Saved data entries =
________________________

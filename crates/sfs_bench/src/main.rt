//! Times calls of the libraries. The first word names the topic, and each call gets a line with its name,
//! the nanoseconds that all rounds took, the number of rounds, and a sum that keeps them from being left
//! out. A call that is refused, or a word that is no topic, ends it with a fault. Without a word it is silent.
//!
//! - [`blocks`]: the records on the blocks of a memory node.
//! - [`kept`]: votes of a memory node that keeps few records, and many.
//! - [`log_calls`]: appends to a log on a disk in memory, and loads of it.
//! - [`minis`]: minitransactions of the most items.
//! - [`vote`]: votes of a memory node, on writes and on a read of 8 KiB.
//! - [`wire`]: messages with 8 KiB of data.
#![tactic(auto)]

mod blocks;
mod kept;
mod log_calls;
mod minis;
mod refused;
mod vote;
mod wire;

use std::{env, io};

fn main(rt: HostRuntime) -> io::Result<()> {
    let mut words = env::args(&rt)?.skip(1);
    match words.next() {
        Some(word) if word.as_str() == "blocks" => blocks::run(&rt),
        Some(word) if word.as_str() == "kept" => kept::run(&rt),
        Some(word) if word.as_str() == "log" => log_calls::run(&rt),
        Some(word) if word.as_str() == "minis" => minis::run(&rt),
        Some(word) if word.as_str() == "vote" => vote::run(&rt),
        Some(word) if word.as_str() == "wire" => wire::run(&rt),
        Some(_) => Err(io::Error::other("there is no such topic")),
        None => Ok(()),
    }
}
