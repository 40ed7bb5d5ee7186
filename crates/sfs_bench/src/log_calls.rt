//! Appends to a log on a disk in memory, and loads of it, for two numbers of entries; and the calls of the
//! disk that a load makes.

use disk_model::{Calls, Disk, Entries, PlanDisk};
use gate_log::{Log, LogFault};
use std::io;
use std::rt::Clock;
use std::time::Instant;

/// The bytes of an entry.
const ENTRY: [u8; 200] = [7; 200];

/// How many entries are appended.
const COUNTS: [u32; 2] = [10_000, 20_000];

/// Times both for each number of entries.
pub fn run<R: Print + Clock + AllocGlobal>(rt: &R) -> io::Result<()> {
    for count in COUNTS {
        time_log(rt, count)?;
    }
    Ok(())
}

fn time_log<R: Print + Clock + AllocGlobal>(rt: &R, count: u32) -> io::Result<()> {
    let disk = PlanDisk::new(rt.alloc(), Calls::new(rt.alloc()));
    let (mut log, _) = load(rt, disk).map_err(refused)?;
    let start = Instant::now(rt)?;
    append_all(&mut log, count).map_err(refused)?;
    let took = start.elapsed(rt)?.as_nanos();
    println!(rt; "append_{count} {took} {count} {count}")?;
    let disk = log.into_disk();
    let made = disk.calls();
    let start = Instant::now(rt)?;
    let (log, entries) = load(rt, disk).map_err(refused)?;
    let took = start.elapsed(rt)?.as_nanos();
    println!(rt; "load_{count} {took} {count} {}", entries.len())?;
    let calls = log.into_disk().calls().saturating_sub(made);
    println!(rt; "calls_of_load_{count} {calls} 1 {}", entries.len())?;
    println!(rt; "entries_{count} {} 1 0", entries.len())
}

/// The log at the start of this disk.
fn load<R: AllocGlobal, D: Disk + Drop>(rt: &R, disk: D) -> Result<(Log<D>, Entries), LogFault> {
    match Log::load(rt.alloc(), disk, 0) {
        Ok(loaded) => Ok(loaded),
        Err((fault, _disk)) => Err(fault),
    }
}

/// Appends so many entries.
fn append_all<D: Disk>(log: &mut Log<D>, count: u32) -> Result<(), LogFault> {
    for _ in 0..count {
        log.append(&ENTRY)?;
    }
    Ok(())
}

fn refused(_fault: LogFault) -> io::Error {
    io::Error::other("a log was refused")
}
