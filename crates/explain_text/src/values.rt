// The values that all lists for a type of attributes cover.
ghost use Rattle.std.specs.Prelude.{◌≡◌, ◌++◌, Contains, IfOk, OnOk, map, string_bytes};
ghost use Rattle.std.specs.List.{filter, flat_map, list_all};
ghost use Rattle.der_core.specs.AttributeView.{attribute_view};
ghost use Rattle.constraint_meet.specs.Permits.{values_in};
ghost use Rattle.constraint_meet.specs.Tests.{is_covered};
ghost use Rattle.explain_text.specs.GrantText.{value_text};
ghost use Rattle.explain_text.specs.Kept.{AddsValues};
ghost use Rattle.explain_text.specs.Ordered.{AreExactly, lent};

use crate::listed::{Listed, all_listed, push_values};
use crate::ordered::put_in_order;
use der_core::Attr;
use report_text::push_hex;
use std::alloc::{AllocError, Global};

// All values that are listed, in ascending order, each once.
fn values_of<'a>(alloc: Global, listed: &[Listed<'a>]) -> Result<Vec<&'a [u8]>, AllocError>
    ensures { IfOk result (λ values. AreExactly
        (Contains (flat_map (λ a. values_in a.values) listed.now)) (lent values.items)) }
{
    let mut values = Vec::new(alloc);
    for one in listed {
        push_values(&mut values, one.values)?;
    }
    put_in_order(&mut values);
    Ok(values)
}

fn all_cover(listed: &[Listed<'_>], value: &[u8]) -> bool
    ensures { result ≡ list_all (λ a. is_covered a value.now) listed.now }
{
    for one in listed {
        if !one.covers(value) {
            return false;
        }
    }
    true
}

fn push_value(alloc: Global, text: &mut String, value: &[u8]) -> Result<(), AllocError>
    ensures ok { OnOk result
        (string_bytes text.new ≡ string_bytes text.old ++ value_text value.now) }
{
    text.push(' ')?;
    push_hex(alloc, text, value)
}

// Those of the values that each list covers.
fn push_covered(
    alloc: Global,
    text: &mut String,
    listed: &[Listed<'_>],
    values: &[&[u8]],
) -> Result<(), AllocError>
    ensures ok { OnOk result (string_bytes text.new ≡ string_bytes text.old ++ flat_map value_text
        (filter (λ value. list_all (λ a. is_covered a value) listed.now) (lent values.now))) }
{
    for value in values {
        if all_cover(listed, value) {
            push_value(alloc, text, value)?;
        }
    }
    Ok(())
}

// Those of the lists of attributes that are all of one type.
pub(crate) fn push_shared(
    alloc: Global,
    text: &mut String,
    attributes: &[Attr<'_>],
) -> Result<(), AllocError>
    ensures ok { OnOk result (AddsValues (map attribute_view attributes.now)
        (string_bytes text.old) (string_bytes text.new)) }
{
    let listed = all_listed(alloc, attributes)?;
    let values = values_of(alloc, &listed)?;
    push_covered(alloc, text, &listed, &values)
}
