// Listed package identifiers, looked up by their preferred names.
ghost use Rattle.std.specs.Prelude.{◌≡◌, ◌++◌, IfOk, OnOk, IsPermutation};
ghost use Rattle.der_core.specs.Reads.{Answers};
ghost use Rattle.package_attrs.specs.Covers.{preferred, preferred_of};
ghost use Rattle.explain_text.specs.Keys.{AscendByNumber, is_late_name, key_list, versions_in};
ghost use Rattle.explain_text.specs.Ordered.{lent};

use crate::keys::{in_order, is_up_to};
use der_core::Oid;
use package_attrs::{PackageName, read_identifier};
use std::alloc::{AllocError, Global};

fn preferred(name: &PackageName) -> Option<(Oid, u128)>
    ensures { result ≡ preferred name.now }
{
    match name {
        PackageName::Preferred { id, version } => Some((*id, *version)),
        PackageName::Legacy(_) => None,
    }
}

// The identifier and the version, where the octets are an identifier with a preferred name.
#[tactic(auto, unfolding(package_attrs::specs::Covers::preferred_of))]
fn preferred_of(octets: &[u8]) -> Option<(Oid, u128)>
    ensures exact { Answers (λ name. name) result (preferred_of octets.now) }
{
    match read_identifier(octets) {
        Some(identifier) => preferred(&identifier.name),
        None => None,
    }
}

// Adds that of a value, where it is one.
fn push_version(keys: &mut Vec<(Oid, u128)>, value: &[u8]) -> Result<(), AllocError>
    ensures { OnOk result
        (keys.new.items ≡ keys.old.items ++ key_list (preferred_of value.now)) }
{
    if let Some(key) = preferred_of(value) {
        keys.push(key)?;
    }
    Ok(())
}

// Those of all values, in order.
pub(crate) fn versions_of(alloc: Global, values: &[&[u8]]) -> Result<Vec<(Oid, u128)>, AllocError>
    ensures same { IfOk result
        (λ keys. IsPermutation (versions_in (lent values.now)) keys.items) }
    ensures ordered { IfOk result (λ keys. AscendByNumber keys.items) }
{
    let mut keys = Vec::new(alloc);
    for value in values {
        push_version(&mut keys, value)?;
    }
    Ok(in_order(keys))
}

// Whether one of the values is a preferred name of which this is the same version or a later one.
pub(crate) fn is_late_name(keys: &[(Oid, u128)], values: &[&[u8]], value: &[u8]) -> bool
    requires ordered { AscendByNumber keys.now }
    requires same { IsPermutation (versions_in (lent values.now)) keys.now }
    ensures { result ≡ is_late_name (lent values.now) value.now }
{
    match preferred_of(value) {
        Some(key) => is_up_to(keys, key.0.octets(), key.1),
        None => false,
    }
}
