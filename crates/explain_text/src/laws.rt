// Laws of the definitions, which no call computes.
ghost use Rattle.std.specs.Prelude.{◌≡◌, ◌↔◌, ℕ, List, [], ◌∷◌, Contains, IsSome, Some};
ghost use Rattle.std.specs.List.{AllByRecursion};
ghost use Rattle.der_core.specs.Attribute.{Attribute};
ghost use Rattle.der_core.specs.Shapes.{IsOneElement};
ghost use Rattle.cert_fields.specs.Constraints.{ContentConstraint};
ghost use Rattle.constraint_meet.specs.Grants.{Members, GrantPermits};
ghost use Rattle.constraint_meet.specs.Permits.{any_content, deciding, IsCovered};
ghost use Rattle.explain_text.specs.Granted.{IsNamed, sources_of, constrained_by};
ghost use Rattle.explain_text.specs.GrantText.{IsGrantText};

/// A law: a grant has one text at most.
pub fn one_grant_text()
    ensures { (members : Members) (text other : List ℕ) → IsGrantText members text
        → IsGrantText members other → text ≡ other }
{}

/// A law: `allow` stands exactly where the members permit the content type without attributes; and
/// after it, a value is covered by every list for a type of attributes exactly where they permit an
/// attribute of that type with this value alone.
pub fn lines_tell_what_is_permitted()
    ensures allow { (members : Members) (content : List ℕ) → IsSome (sources_of content members)
        ↔ GrantPermits content [] members }
    ensures values { (members : Members) (content : List ℕ) (sources : List ContentConstraint)
        (kind value : List ℕ) → sources_of content members ≡ Some sources → IsOneElement value
        → ((other : Attribute) → Contains (constrained_by sources) other → other.kind ≡ kind
        → IsCovered other value)
        ↔ GrantPermits content (record { kind = kind; values = value } ∷ []) members }
{}

/// A law: the last lines are those of each content type that no member names, since the same entries
/// decide for it.
pub fn other_stands_for_the_rest()
    ensures decides { (members : Members) (content : List ℕ) → (IsNamed members content → ⊥)
        → AllByRecursion (λ entries. deciding content entries ≡ deciding any_content entries)
        members }
    ensures sources { (members : Members) (content : List ℕ) → (IsNamed members content → ⊥)
        → sources_of content members ≡ sources_of any_content members }
{}
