// Putting octets in order, each of them once.
ghost use Rattle.std.specs.Prelude.{Contains};
ghost use Rattle.explain_text.specs.Ordered.{AreExactly, lent};

use der_core::Oid;

// Keeps each of the values once, in ascending order of their octets. Takes no memory.
pub(crate) fn put_in_order(values: &mut Vec<&[u8]>)
    ensures { AreExactly (Contains (lent values.old.items)) (lent values.new.items) }
{
    values.sort_unstable();
    values.dedup();
}

// Keeps each of the identifiers once, in ascending order of their octets. Takes no memory.
pub(crate) fn put_types_in_order(types: &mut Vec<Oid>)
    ensures { AreExactly (Contains types.old.items) types.new.items }
{
    types.sort_unstable_by(|this, that| this.octets().cmp(that.octets()));
    types.dedup();
}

________________________

Aim of the exercise = Transcribe verbatim. Cover the lines from the first line of the entries above to the line containing "read of 8 KiB.", inclusive.

Result for this task =
filename crates/sfs_bench/src/main.rt
//! Times calls of the libraries. The first word names the topic, and each call gets a line with its name,
//! the nanoseconds that all rounds took, the number of rounds, and a sum that keeps them from being left
//! out. A call that is refused, or a word that is no topic, ends it with a fault. Without a word it is silent.
//!
//! - [`blocks`]: the records on the blocks of a memory node.
//! - [`kept`]: votes of a memory node that keeps few records, and many.
//! - [`log_calls`]: appends to a log on a disk in memory, and loads of it.
//! - [`minis`]: minitransactions of the most items.
//! - [`vote`]: votes of a memory node, on writes and on a read of 8 KiB.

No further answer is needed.